(Activity) Would you please return the lines of the entries below starting at the line that has "and its body." and ending at the line that has "fn lets_end(at: u64, items: &Vec<LetItem>)", both included, exactly as they are?

-.-.-

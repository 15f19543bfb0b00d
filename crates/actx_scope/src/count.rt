//! Numbers of nodes: the number behind a tree whose first node has a given number.

ghost use Rattle.std.specs.Prelude.{◌≡◌, ◌+◌, suc, IfOk, length, option_map};
ghost use Rattle.actx_grammar.specs.Nodes.{name_nodes, expr_nodes, exprs_nodes, maybe_nodes, key_nodes, prop_key_nodes, properties_nodes, code_nodes, lets_nodes, consts_nodes, init_nodes, stmt_nodes, stmts_nodes, catch_nodes, last_nodes, clauses_nodes};
ghost use Rattle.actx_ast.specs.View.{expr_view, exprs_view, key_view, prop_key_view, properties_view, function_view, lets_view, consts_view, init_view, stmt_view, stmts_view, catcher_view, clauses_view, maybe_expr};

use actx_ast::tree::{
    Catcher, Clause, ConstItem, Expr, ForInit, Function, Key, LetItem, PropKey, Property, Stmt,
};
use actx_data::NoMemory;
use actx_grammar::name::Name;

/// The next number.
pub fn after(at: u64) -> Result<u64, NoMemory>
    ensures { IfOk result (λ end. end ≡ suc at) }
{
    match at.checked_add(1) {
        Some(end) => Ok(end),
        None => Err(NoMemory),
    }
}

/// The number behind a name, where there is one.
pub fn name_end(at: u64, name: &Option<Name>) -> Result<u64, NoMemory>
    ensures { IfOk result (λ end. end ≡ at + name_nodes name.now) }
{
    match name {
        Some(_) => Ok(after(at)?),
        None => Ok(at),
    }
}

/// The number behind some names.
pub fn names_end(at: u64, names: &Vec<Name>) -> Result<u64, NoMemory>
    ensures { IfOk result (λ end. end ≡ at + length names.now.items) }
{
    match at.checked_add(names.len() as u64) {
        Some(end) => Ok(end),
        None => Err(NoMemory),
    }
}

/// The number behind an expression.
#[cycle(count)]
pub fn expr_end(at: u64, e: &Expr) -> Result<u64, NoMemory>
    ensures { IfOk result (λ end. end ≡ at + expr_nodes (expr_view e.now)) }
{
    let inner = after(at)?;
    match e {
        Expr::Num(_) => Ok(inner),
        Expr::Text(_) => Ok(inner),
        Expr::Truth(_) => Ok(inner),
        Expr::Null => Ok(inner),
        Expr::Undefined => Ok(inner),
        Expr::This => Ok(inner),
        Expr::Named(_) => Ok(inner),
        Expr::Unary(_, e) => Ok(expr_end(inner, e)?),
        Expr::Binary(_, left, right) => Ok(expr_end(expr_end(inner, left)?, right)?),
        Expr::Logic(_, left, right) => Ok(expr_end(expr_end(inner, left)?, right)?),
        Expr::Choice(test, yes, no) => {
            let behind = expr_end(expr_end(inner, test)?, yes)?;
            Ok(expr_end(behind, no)?)
        }
        Expr::SetName(_, value) => Ok(expr_end(inner, value)?),
        Expr::SetMember(base, key, value) => {
            let behind = key_end(expr_end(inner, base)?, key)?;
            Ok(expr_end(behind, value)?)
        }
        Expr::Change(_, _, value) => Ok(expr_end(inner, value)?),
        Expr::Bump {
            name: _,
            up: _,
            before: _,
        } => Ok(inner),
        Expr::Member(base, key) => Ok(key_end(expr_end(inner, base)?, key)?),
        Expr::Call(callee, args) => Ok(exprs_end(expr_end(inner, callee)?, args)?),
        Expr::Object(properties) => Ok(properties_end(inner, properties)?),
        Expr::Function(function) => Ok(function_end(inner, function)?),
        Expr::Yield(None) => Ok(inner),
        Expr::Yield(Some(value)) => Ok(expr_end(inner, value)?),
        Expr::YieldAll(value) => Ok(expr_end(inner, value)?),
        Expr::Await(value) => Ok(expr_end(inner, value)?),
        Expr::Form(_, parts) => Ok(exprs_end(inner, parts)?),
    }
}

/// The number behind some expressions.
#[cycle(count)]
fn exprs_end(at: u64, es: &Vec<Expr>) -> Result<u64, NoMemory>
    ensures { IfOk result (λ end. end ≡ at + exprs_nodes (exprs_view es.now.items)) }
{
    let mut end = at;
    for e in es {
        end = expr_end(end, e)?;
    }
    Ok(end)
}

/// The number behind an expression, where there is one.
#[cycle(count)]
pub fn maybe_end(at: u64, e: &Option<Box<Expr>>) -> Result<u64, NoMemory>
    ensures { IfOk result (λ end. end ≡ at + maybe_nodes (maybe_expr (option_map (λ b. expr_view b.value) e.now))) }
{
    match e {
        None => Ok(at),
        Some(e) => Ok(expr_end(at, e)?),
    }
}

/// The number behind the key of a member.
#[cycle(count)]
fn key_end(at: u64, key: &Key) -> Result<u64, NoMemory>
    ensures { IfOk result (λ end. end ≡ at + key_nodes (key_view key.now)) }
{
    match key {
        Key::Dot(_) => Ok(after(at)?),
        Key::Index(e) => Ok(expr_end(at, e)?),
    }
}

/// The number behind the key of a property.
#[cycle(count)]
fn prop_key_end(at: u64, key: &PropKey) -> Result<u64, NoMemory>
    ensures { IfOk result (λ end. end ≡ at + prop_key_nodes (prop_key_view key.now)) }
{
    match key {
        PropKey::Fixed(_) => Ok(after(at)?),
        PropKey::Computed(e) => Ok(expr_end(at, e)?),
    }
}

/// The number behind some properties.
#[cycle(count)]
fn properties_end(at: u64, properties: &Vec<Property>) -> Result<u64, NoMemory>
    ensures { IfOk result (λ end. end ≡ at + properties_nodes (properties_view properties.now.items)) }
{
    let mut end = at;
    for property in properties {
        end = prop_key_end(end, &property.key)?;
        end = expr_end(end, &property.value)?;
    }
    Ok(end)
}

/// The number behind what stands in a function: its own name, its parameters and its body.
#[cycle(count)]
fn function_end(at: u64, function: &Function) -> Result<u64, NoMemory>
    ensures { IfOk result (λ end. end ≡ at + code_nodes (function_view function.now)) }
{
    let behind = name_end(at, &function.name)?;
    let behind = names_end(behind, &function.params)?;
    Ok(stmts_end(behind, &function.body)?)
}

/// The number behind the items of a `let`.
#[cycle(count)]
fn lets_end(at: u64, items: &Vec<LetItem>) -> Result<u64, NoMemory>
    ensures { IfOk result (λ end. end ≡ at + lets_nodes (lets_view items.now.items)) }
{
    let mut end = at;
    for item in items {
        end = after(end)?;
        end = maybe_end(end, &item.value)?;
    }
    Ok(end)
}

/// The number behind the items of a `const`.
#[cycle(count)]
fn consts_end(at: u64, items: &Vec<ConstItem>) -> Result<u64, NoMemory>
    ensures { IfOk result (λ end. end ≡ at + consts_nodes (consts_view items.now.items)) }
{
    let mut end = at;
    for item in items {
        end = after(end)?;
        end = expr_end(end, &item.value)?;
    }
    Ok(end)
}

/// The number behind what a `for` begins with.
#[cycle(count)]
fn init_end(at: u64, init: &ForInit) -> Result<u64, NoMemory>
    ensures { IfOk result (λ end. end ≡ at + init_nodes (init_view init.now)) }
{
    match init {
        ForInit::Nothing => Ok(at),
        ForInit::Let(items) => Ok(lets_end(at, items)?),
        ForInit::Const(items) => Ok(consts_end(at, items)?),
        ForInit::Value(e) => Ok(expr_end(at, e)?),
    }
}

/// The number behind a statement.
#[cycle(count)]
pub fn stmt_end(at: u64, statement: &Stmt) -> Result<u64, NoMemory>
    ensures { IfOk result (λ end. end ≡ at + stmt_nodes (stmt_view statement.now)) }
{
    let inner = after(at)?;
    match statement {
        Stmt::Let(items) => Ok(lets_end(inner, items)?),
        Stmt::Const(items) => Ok(consts_end(inner, items)?),
        Stmt::Fun(function) => Ok(function_end(inner, function)?),
        Stmt::Block(body) => Ok(stmts_end(inner, body)?),
        Stmt::If(test, yes, None) => Ok(stmt_end(expr_end(inner, test)?, yes)?),
        Stmt::If(test, yes, Some(no)) => {
            let behind = stmt_end(expr_end(inner, test)?, yes)?;
            Ok(stmt_end(behind, no)?)
        }
        Stmt::While(test, body) => Ok(stmt_end(expr_end(inner, test)?, body)?),
        Stmt::DoWhile(body, test) => Ok(expr_end(stmt_end(inner, body)?, test)?),
        Stmt::For(init, test, update, body) => {
            let behind = maybe_end(init_end(inner, init)?, test)?;
            Ok(stmt_end(maybe_end(behind, update)?, body)?)
        }
        Stmt::ForOf {
            constant: _,
            name: _,
            over,
            body,
        } => Ok(stmt_end(expr_end(after(inner)?, over)?, body)?),
        Stmt::ForAwait {
            constant: _,
            name: _,
            over,
            body,
        } => Ok(stmt_end(expr_end(after(inner)?, over)?, body)?),
        Stmt::Break => Ok(inner),
        Stmt::Continue => Ok(inner),
        Stmt::Return(value) => Ok(maybe_end(inner, value)?),
        Stmt::Throw(value) => Ok(expr_end(inner, value)?),
        Stmt::Try {
            block,
            catcher: None,
            last: None,
        } => Ok(stmts_end(inner, block)?),
        Stmt::Try {
            block,
            catcher: Some(catcher),
            last: None,
        } => Ok(catcher_end(stmts_end(inner, block)?, catcher)?),
        Stmt::Try {
            block,
            catcher: None,
            last: Some(last),
        } => Ok(stmts_end(stmts_end(inner, block)?, last)?),
        Stmt::Try {
            block,
            catcher: Some(catcher),
            last: Some(last),
        } => {
            let behind = catcher_end(stmts_end(inner, block)?, catcher)?;
            Ok(stmts_end(behind, last)?)
        }
        Stmt::Value(e) => Ok(expr_end(inner, e)?),
        Stmt::Empty => Ok(inner),
        Stmt::Switch(e, clauses) => Ok(clauses_end(expr_end(inner, e)?, clauses)?),
    }
}

/// The number behind some statements.
#[cycle(count)]
pub fn stmts_end(at: u64, body: &Vec<Stmt>) -> Result<u64, NoMemory>
    ensures { IfOk result (λ end. end ≡ at + stmts_nodes (stmts_view body.now.items)) }
{
    let mut end = at;
    for statement in body {
        end = stmt_end(end, statement)?;
    }
    Ok(end)
}

/// The number behind a `catch` part.
#[cycle(count)]
fn catcher_end(at: u64, catcher: &Catcher) -> Result<u64, NoMemory>
    ensures { IfOk result (λ end. end ≡ at + catch_nodes (catcher_view catcher.now)) }
{
    let behind = name_end(at, &catcher.name)?;
    Ok(stmts_end(behind, &catcher.body)?)
}

/// The number behind the clauses of a `switch`.
#[cycle(count)]
fn clauses_end(at: u64, clauses: &Vec<Clause>) -> Result<u64, NoMemory>
    ensures { IfOk result (λ end. end ≡ at + clauses_nodes (clauses_view clauses.now.items)) }
{
    let mut end = at;
    for clause in clauses {
        end = stmts_end(end, &clause.body)?;
    }
    Ok(end)
}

-.-.-

(Solution for this task)
/// The number behind what stands in a function: its own name, its parameters and its body.
#[cycle(count)]
fn function_end(at: u64, function: &Function) -> Result<u64, NoMemory>
    ensures { IfOk result (λ end. end ≡ at + code_nodes (function_view function.now)) }
{
    let behind = name_end(at, &function.name)?;
    let behind = names_end(behind, &function.params)?;
    Ok(stmts_end(behind, &function.body)?)
}

/// The number behind the items of a `let`.
#[cycle(count)]
fn lets_end(at: u64, items: &Vec<LetItem>) -> Result<u64, NoMemory>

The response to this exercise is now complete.